Tally the lines of the entries in which the string "IsOk" occurs, and say only how many.

· · · · ·

ghost use Rattle.std.specs.Prelude.{◌≡◌};

use rx_fields::{Cents, Days, Id, Person, Product, Quantity, Reference};
use std::marker::Model;

/// What a billing says.
#[derive(Clone, Copy, PartialEq, Eq)]
pub struct BillParts {
    /// The prescription reference number (402-D2).
    pub reference: Reference,
    /// The cardholder id (302-C2).
    pub family: Id,
    /// The person code (303-C3); `01` where the request has none.
    pub person: Person,
    /// The product (407-D7).
    pub product: Product,
    /// The quantity dispensed (442-E7), in thousandths.
    pub quantity: Quantity,
    /// The days supply (405-D5).
    pub days: Days,
    /// The ingredient cost submitted (409-D9).
    pub ingredient_cost: Cents,
    /// The dispensing fee submitted (412-DC).
    pub dispensing_fee: Option<Cents>,
    /// The usual and customary charge (426-DQ).
    pub usual_charge: Option<Cents>,
    /// The gross amount due (430-DU).
    pub gross_amount: Option<Cents>,
}

/// A billing (B1) that states a charge: the usual and customary charge, the gross amount due, or both.
#[derive(Clone, Copy, PartialEq, Eq)]
pub struct Bill {
    parts: BillParts,
}

impl Model for Bill {
    ghost use Rattle.rx_d0_values.specs.declared.bill.BillParts.{BillParts};
    ghost use Rattle.rx_d0_values.specs.Billed.{IsCharged};

    ghost Value = { BillParts };

    ghost view = { λ b. b.parts };

    ghost invariant = { λ b. IsCharged b.parts };

    ghost inverse = { λ parts. record { parts = parts } };
}

ghost use Rattle.rx_d0_values.specs.Billed.{bill_of, cap};

impl Bill {
    /// The billing of these parts; None where neither charge is there.
    pub fn new(parts: BillParts) -> Option<Bill>
        ensures { result ≡ bill_of parts }
    {
        if parts.usual_charge.is_none() && parts.gross_amount.is_none() {
            return None;
        }
        Some(Bill { parts })
    }

    /// What it says.
    pub fn parts(&self) -> &BillParts
        ensures { result.now ≡ self.now }
    {
        &self.parts
    }

    /// The most that is paid for it: the usual and customary charge, or the gross amount due where that is absent.
    pub fn cap(&self) -> Cents
        ensures { result ≡ cap self.now }
    {
        match (self.parts.usual_charge, self.parts.gross_amount) {
            (Some(usual), _) => usual,
            (None, Some(gross)) => gross,
            (None, None) => unreachable!(),
        }
    }
}
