ghost use Rattle.std.specs.Prelude.{◌≡◌, ◌↔◌, IfOk, IsTrue};
ghost use Rattle.rx_d0_values.specs.Keys.{key_in};

use crate::codes::Codes;
use crate::echo::Echo;
use crate::transaction::Transactions;
use rx_fields::{Count, Day, Key, Memory, Provider, Reference};
use std::alloc::Global;

/// A header that could not be accepted.
#[derive(Clone, Copy, PartialEq, Eq)]
pub struct Rejected {
    /// Why.
    pub codes: Codes,
    /// How many answers the reply has: the groups that came, at least 1 and at most 4.
    pub groups: Count,
}

/// A header that was accepted, with its transactions.
#[derive(Drop)]
pub struct Heard {
    /// The pharmacy (201-B1).
    pub provider: Provider,
    /// The date of service (401-D1).
    pub date: Day,
    /// What it asks.
    pub list: Transactions,
}

/// What follows the echo of a transmission.
#[derive(Drop)]
pub enum Body {
    /// The header is rejected, and with it all transactions.
    Rejected(Rejected),
    /// The header is accepted.
    Heard(Heard),
}

/// A decoded request.
#[derive(Drop)]
pub struct Transmission {
    /// What the reply repeats.
    pub echo: Echo,
    /// What is asked.
    pub body: Body,
}

impl Heard {
    /// The fill key of a prescription reference number.
    pub fn key(&self, reference: Reference) -> Key
        ensures { result ≡ key_in self.now reference }
    {
        Key {
            provider: self.provider,
            reference,
            date: self.date,
        }
    }

    fn copy(&self, alloc: Global) -> Result<Heard, Memory>
        ensures { IfOk result (λ heard. heard ≡ self.now) }
    {
        let list = self.list.copy(alloc)?;
        Ok(Heard {
            provider: self.provider,
            date: self.date,
            list,
        })
    }
}

impl Body {
    fn copy(&self, alloc: Global) -> Result<Body, Memory>
        ensures { IfOk result (λ body. body ≡ self.now) }
    {
        match self {
            Body::Rejected(rejected) => Ok(Body::Rejected(*rejected)),
            Body::Heard(heard) => Ok(Body::Heard(heard.copy(alloc)?)),
        }
    }
}

impl Transmission {
    /// An equal transmission.
    pub fn copy(&self, alloc: Global) -> Result<Transmission, Memory>
        ensures { IfOk result (λ transmission. transmission ≡ self.now) }
    {
        let body = self.body.copy(alloc)?;
        Ok(Transmission {
            echo: self.echo,
            body,
        })
    }
}

ghost use Rattle.rx_d0_values.specs.contracts.transmission.Heard.{the_row as heard_row};
ghost use Rattle.rx_d0_values.specs.contracts.transmission.Body.{the_row as body_row};
ghost use Rattle.rx_d0_values.specs.contracts.transmission.Transmission.{the_row as transmission_row};
ghost use Rattle.rx_d0_values.specs.Same.{same, same_laws, same_equivalence};

impl PartialEq for Heard {
    ghost eq = { same heard_row.coded };

    ghost laws = { same_laws heard_row.coded };

    fn eq(&self, other: &Heard) -> bool
        ensures { IsTrue result ↔ (self.now ≡ other.now) }
    {
        self.provider == other.provider && self.date == other.date && self.list == other.list
    }
}

impl Eq for Heard {
    ghost laws = { same_equivalence heard_row.coded };
}

impl PartialEq for Body {
    ghost eq = { same body_row.coded };

    ghost laws = { same_laws body_row.coded };

    #[tactic(auto, using(crate::proofs::Decided::rejected_decides))]
    fn eq(&self, other: &Body) -> bool
        ensures { IsTrue result ↔ (self.now ≡ other.now) }
    {
        match (self, other) {
            (Body::Rejected(a), Body::Rejected(b)) => *a == *b,
            (Body::Heard(a), Body::Heard(b)) => *a == *b,
            _ => false,
        }
    }
}

impl Eq for Body {
    ghost laws = { same_equivalence body_row.coded };
}

impl PartialEq for Transmission {
    ghost eq = { same transmission_row.coded };

    ghost laws = { same_laws transmission_row.coded };

    fn eq(&self, other: &Transmission) -> bool
        ensures { IsTrue result ↔ (self.now ≡ other.now) }
    {
        self.echo == other.echo && self.body == other.body
    }
}

impl Eq for Transmission {
    ghost laws = { same_equivalence transmission_row.coded };
}
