ghost use Rattle.std.specs.Prelude.{◌≡◌};

use crate::codes::Codes;
use crate::echo::Echo;
use crate::pricing::Pricing;
use crate::transmission::Rejected;
use rx_fields::{Authorization, Cents, Reference};
use std::marker::Model;

/// A claim that is paid, now or before.
#[derive(Clone, Copy, PartialEq, Eq)]
pub struct Paid {
    /// The authorization number (503-F3).
    pub number: Authorization,
    /// The prescription reference number (402-D2).
    pub reference: Reference,
    /// The amounts.
    pub pricing: Pricing,
}

/// A claim that is taken back.
#[derive(Clone, Copy, PartialEq, Eq)]
pub struct Approved {
    /// The reversal's authorization number (503-F3).
    pub number: Authorization,
    /// The prescription reference number (402-D2).
    pub reference: Reference,
    /// The total that was paid for the claim (509-F9); the reply's text has it with the sign changed.
    pub total_paid: Cents,
}

/// A transaction that is rejected.
#[derive(Clone, Copy, PartialEq, Eq)]
pub struct Refused {
    /// Why.
    pub codes: Codes,
    /// The prescription reference number, where it is known.
    pub reference: Option<Reference>,
}

/// The answer to one transaction.
#[derive(Clone, Copy, PartialEq, Eq)]
pub enum Answer {
    /// Status P: the claim stands from now on.
    Paid(Paid),
    /// Status D: the same claim stands already, with these amounts.
    Twice(Paid),
    /// Status A: the claim is taken back.
    Approved(Approved),
    /// Status R.
    Refused(Refused),
}

/// The answers of a reply: 1 to 4.
#[derive(Drop)]
pub struct Answers {
    items: Vec<Answer>,
}

impl Model for Answers {
    ghost use Rattle.std.specs.Prelude.{List, length, ◌≡◌, true};
    ghost use Rattle.rx_d0_values.specs.declared.reply.Answer.{Answer};
    ghost use Rattle.rx_d0_values.specs.Listed.{is_few};

    ghost Value = { List Answer };

    ghost view = { λ a. a.items.items };

    ghost invariant = { λ a. is_few (length a.items.items) ≡ true };
}

/// What follows the echo of a reply.
#[derive(Drop)]
pub enum Outcome {
    /// The header is rejected: each answer has these codes.
    Rejected(Rejected),
    /// An answer to each transaction.
    Heard(Answers),
}

/// The reply to a transmission.
#[derive(Drop)]
pub struct Reply {
    /// What it repeats of the request.
    pub echo: Echo,
    /// What is answered.
    pub outcome: Outcome,
}

ghost use Rattle.std.specs.Prelude.{◌↔◌, IfOk, IfErr, IsOk, IsTrue, length, true};
ghost use Rattle.rx_d0_values.specs.Listed.{is_few};

impl Answers {
    /// These answers; they come back where they are not 1 to 4.
    pub fn new(items: Vec<Answer>) -> Result<Answers, Vec<Answer>>
        ensures ok { IfOk result (λ answers. answers ≡ items.items) }
        ensures err { IfErr result (λ back. back ≡ items) }
        ensures accepts { IsOk result ↔ (is_few (length items.items) ≡ true) }
    {
        if items.is_empty() || items.len() > 4 {
            return Err(items);
        }
        Ok(Answers { items })
    }

    /// The answers, in the order of the transactions.
    pub fn as_slice(&self) -> &[Answer]
        ensures value { result.now ≡ self.now }
        ensures within { is_few (length self.now) ≡ true }
    {
        self.items.as_slice()
    }
}

ghost use Rattle.rx_d0_values.specs.contracts.reply.Answers.{the_row as answers_row};
ghost use Rattle.rx_d0_values.specs.contracts.reply.Outcome.{the_row as outcome_row};
ghost use Rattle.rx_d0_values.specs.contracts.reply.Reply.{the_row as reply_row};
ghost use Rattle.rx_d0_values.specs.Same.{same, same_laws, same_equivalence};

impl PartialEq for Answers {
    ghost eq = { same answers_row.coded };

    ghost laws = { same_laws answers_row.coded };

    #[tactic(auto, using(crate::proofs::Decided::answers_decides))]
    fn eq(&self, other: &Answers) -> bool
        ensures { IsTrue result ↔ (self.now ≡ other.now) }
    {
        self.as_slice() == other.as_slice()
    }
}

impl Eq for Answers {
    ghost laws = { same_equivalence answers_row.coded };
}

impl PartialEq for Outcome {
    ghost eq = { same outcome_row.coded };

    ghost laws = { same_laws outcome_row.coded };

    #[tactic(auto, using(crate::proofs::Decided::rejected_decides))]
    fn eq(&self, other: &Outcome) -> bool
        ensures { IsTrue result ↔ (self.now ≡ other.now) }
    {
        match (self, other) {
            (Outcome::Rejected(a), Outcome::Rejected(b)) => *a == *b,
            (Outcome::Heard(a), Outcome::Heard(b)) => *a == *b,
            _ => false,
        }
    }
}

impl Eq for Outcome {
    ghost laws = { same_equivalence outcome_row.coded };
}

impl PartialEq for Reply {
    ghost eq = { same reply_row.coded };

    ghost laws = { same_laws reply_row.coded };

    fn eq(&self, other: &Reply) -> bool
        ensures { IsTrue result ↔ (self.now ≡ other.now) }
    {
        self.echo == other.echo && self.outcome == other.outcome
    }
}

impl Eq for Reply {
    ghost laws = { same_equivalence reply_row.coded };
}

· · · · ·

→ **RESULT OF THE EXERCISE**:
2